Public health officials know these types of stories well, but many young people are unfamiliar with the realities due to lack of information.

“Most of the young people we encounter still have a lot of bad information on HIV or misconceptions,” Rogers says. “We do not do classes at schools as this is up to the boards of education, but at VSU, community groups, churches, and the county jails, the young people seem to have had some information about HIV but many also have incomplete information. There is also a lot of talk among young people about HIV, and sexually transmitted diseases, but when you sit down and ask them to tell you what they know, you realize there is a lot of gaps in that knowledge. There are models nationally that have been shown to work and are effective and allow for parental input.”

Meanwhile, there remains no cure for AIDS. Promising research continues. Prevention and treatment remain the best avenues of battling HIV/AIDS.

“Preventing people from acquiring the disease is the best thing. But as the numbers, especially for the South, indicate, prevention is still the harder of the two,” Rogers says. “Treatment for those infected is the next best thing. While we cannot cure someone, if they seek treatment and take the medications, they can live for a long time. When people take the HIV medications, there is also less chance of infecting others.”

The average lifespan has increased in the past 20 years. In the 1990s, the lifespan was 10-15 years. The current lifespan is 25 years after diagnosis. Improved medications have improved lifespans.

“We routinely see people here that have been positive for 15 years or more and are working, taking care of grandkids, and living a full and productive life,” Rogers says. “Doctors are saying they believe we will see people living 30-50 years soon if they are taking medications and taking care of themselves.”

Such improvements should not be viewed as a cure.

“People soon forgot that HIV is an issue and since folks are not dying as they were in the 1980s that HIV is not that bad,” Rogers says. “People are still struggling with HIV even if they are doing everything right and it is not a disease that you can just take your medication and everything will be all right. There are bumps in the road and many people struggle to take the medication due to other illness or cannot tolerate the medications.”

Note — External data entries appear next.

//! The container: connections of two streams, each cut into chunks, whose records are joined.

pub(crate) mod in_place;
pub(crate) mod kept_streams;
pub(crate) mod packing;
pub(crate) mod position;
pub(crate) mod side_words;

ghost use Rattle.std.specs.Prelude.{◌≡◌, ◌≢◌, ◌≤◌, ◌<◌, ◌+◌, length, take, Err, IfOk, IfErr, IfSome, OnErr, OnOk, None, Some};
ghost use Rattle.capture3.specs.machinery.Container.{CanGoOn, ComesNext, ComesToFault, ShowsError, first_cursor, GoesBy, IsCutInRecord, Leaves, Reaches, RecallFails, Recalled, room_in, StepsTo, TakesPiece, unpacking_in};
ghost use Rattle.record_mark.specs.Joining.{Between};
ghost use Rattle.capture3.specs.machinery.Position.{AreEmpty, cost_of, IsEndSpot, most_things, room_of, StoredWith};
ghost use Rattle.capture3.specs.machinery.ContainerMachine.{unpacking_start};
ghost use Rattle.capture3.specs.machinery.InPlace.{IsCopied, LiesIn};
ghost use Rattle.record_mark.specs.RecordMark.{max_body};
ghost use Rattle.record_mark.specs.Taking.{IsRunning, IsWhole, body_of, joining_of, released, unbegun};

use crate::container::in_place::InPlaceJoiner;
use crate::container::kept_streams::Streams;
use crate::container::position::spot::{Event, Spot, WordOf};
use crate::container::position::{Position, Transition, file_fault};
use crate::fault::{Error, Noted, Place, Side};
use record_mark::{JoinError, Step};
use std::alloc::Global;
use xdr3::Reason;

/// How far the kept streams are checked: which side's stream, and how many of its bytes were taken.
#[derive(Clone, Copy)]
pub(crate) struct Cursor {
    side: Side,
    taken: usize,
}

/// Takes a capture apart, from pieces cut anywhere.
#[derive(Drop)]
pub(crate) struct Container {
    pub(crate) position: Position,
    pub(crate) joiner: InPlaceJoiner,
    /// The kept streams of the open connection. Empty outside a connection of version 2.
    pub(crate) streams: Streams,
    /// How far kept streams are checked. The position is after their side word 0 already.
    pub(crate) cursor: Option<Cursor>,
}
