/// The master's end of the ring in a phase: `Master<Cp0>` to `Master<Cp4>`. Its state is in memory that its opening took, so a move copies
/// few bytes. In phases 3 and 4 it has a plan, and since the last fall each drive has answered the eleven writes of phase 2 and its check
/// for phase 3 without error. The writes are those of the ring's two cycle times, the six values of the plan for the drive, the telegram
/// type 7, and the drive's two lists. The phases are those of IEC 61491:1995; the conditions for leaving each are this profile's.
#[derive(Drop)]
pub struct Master<P> {
    ring: Box<Ring>,
    of: PhantomData<P>,
}

impl<P> Model for Master<P> {
    ghost use Rattle.sercos_master.specs.Kept.{CoreView};

    ghost Value = { CoreView };

    ghost view = { λ m. m.ring.value };
}

// Returns a ring as a master in the phase `P`.
fn in_state<P>(ring: Box<Ring>) -> Master<P>
    ensures { result ≡ ring.value }
{
    Master {
        ring,
        of: PhantomData,
    }
}

impl<P> Master<P> {
    ghost use Rattle.sercos_master.specs.Any.{Closes};

    // Returns whether everything required to leave the phase is done, as `Ring::is_done` lists it.
    fn is_done(&self) -> bool
        ensures { (n : ℕ) (s : Known) (p : Past) → IsIn n self.now s p → result ≡ is_done_in n s p }
    {
        self.ring.is_done()
    }

    // Processes the answers of the cycle, begins the next tasks, and sends the MDT, as [`AnyMaster::mdt`] does.
    fn mdt(&mut self, out: &mut Content) -> Option<u16>
        ensures stands { (n : ℕ) (s : Known) (jobs : List Job) (h : List Call) → IsIn n self.old s (past s (tasks_for s jobs) h) →
            IsIn n self.new s (past s (tasks_for s jobs) (Mdt ∷ h)) }
        ensures said { (n : ℕ) (s : Known) (jobs : List Job) (h : List Call) → IsIn n self.old s (past s (tasks_for s jobs) h) →
            sent_as result out.new ≡ mdt_said s (past s (tasks_for s jobs) (Mdt ∷ h)) }
        ensures some { is_some result ≡ true → 0 < length out.new }
    {
        self.ring.mdt(out)
    }

    // Returns the fall at the end of the cycle, or `None`, as `Ring::fall` does. A lost MST takes precedence over a lost AT, and a lost AT
    // over the step limit.
    fn fall_due(&self) -> Option<Fall>
        ensures { (s : Known) (p : Past) → CoreStandsFor self.now s p → result ≡ fall_of s p }
    {
        self.ring.fall()
    }

    // Closes the cycle, which was of this phase, and adds its outcomes, plan and stop to the events. These must have room for one more
    // outcome per drive, of 128. The next cycle is of the phase `P`.
    fn close(mut self, phase: u8, events: &mut Events) -> Master<P>
        ensures { Closes self phase events.old result events.new }
    {
        self.ring.tell_plan(&mut events.plan);
        self.ring
            .close(phase, &mut events.outcomes, &mut events.stop);
        in_state(self.ring)
    }
}

impl Master<Cp0> {
    /// Commands phase 1. The error is the unchanged master, iff fewer than ten MSTs in a row, that of this cycle being the last, returned
    /// intact (this profile).
    pub fn rise(mut self) -> Result<Master<Cp1>, Master<Cp0>>
        ensures exactly { (s : Known) (p : Past) → IsIn 0 self s p → is_ok result ≡ is_closed p }
        ensures up { IfOk result (λ m. m ≡ record self { phase = 1 }) }
        ensures same { IfErr result (λ m. m ≡ self) }
    {
        if self.is_done() {
            self.ring.phase = 1;
            Ok(in_state(self.ring))
        } else {
            Err(self)
        }
    }
}

impl Master<Cp1> {
    /// Commands phase 2. The error is the unchanged master, iff some drive hasn't answered its identification.
    pub fn rise(mut self) -> Result<Master<Cp2>, Master<Cp1>>
        ensures exactly { (s : Known) (p : Past) → IsIn 1 self s p → is_ok result ≡ all_identified s p }
        ensures up { IfOk result (λ m. m ≡ record self { phase = 2 }) }
        ensures same { IfErr result (λ m. m ≡ self) }
    {
        if self.is_done() {
            self.ring.phase = 2;
            Ok(in_state(self.ring))
        } else {
            Err(self)
        }
    }
}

Still, despite the many improvements in medication and the increase in lifespan, the stigma of HIV/AIDS continues posing new problems for people being diagnosed, seeking the proper treatments and living productive lives.

“People who are HIV positive live in fear of others finding out about their illness. This stigma has caused people to lose friends, churches, jobs, living spaces, and family,” Rogers says. “This stigma and fear of exposure causes people to isolate and can make people sick or at risk of substance abuse or mental health issues. All these cause issues with their HIV treatment and can lead to more illness and earlier deaths. This stigma also can blind HIV negative people to the real dangers of HIV by giving them a false sense of safety.”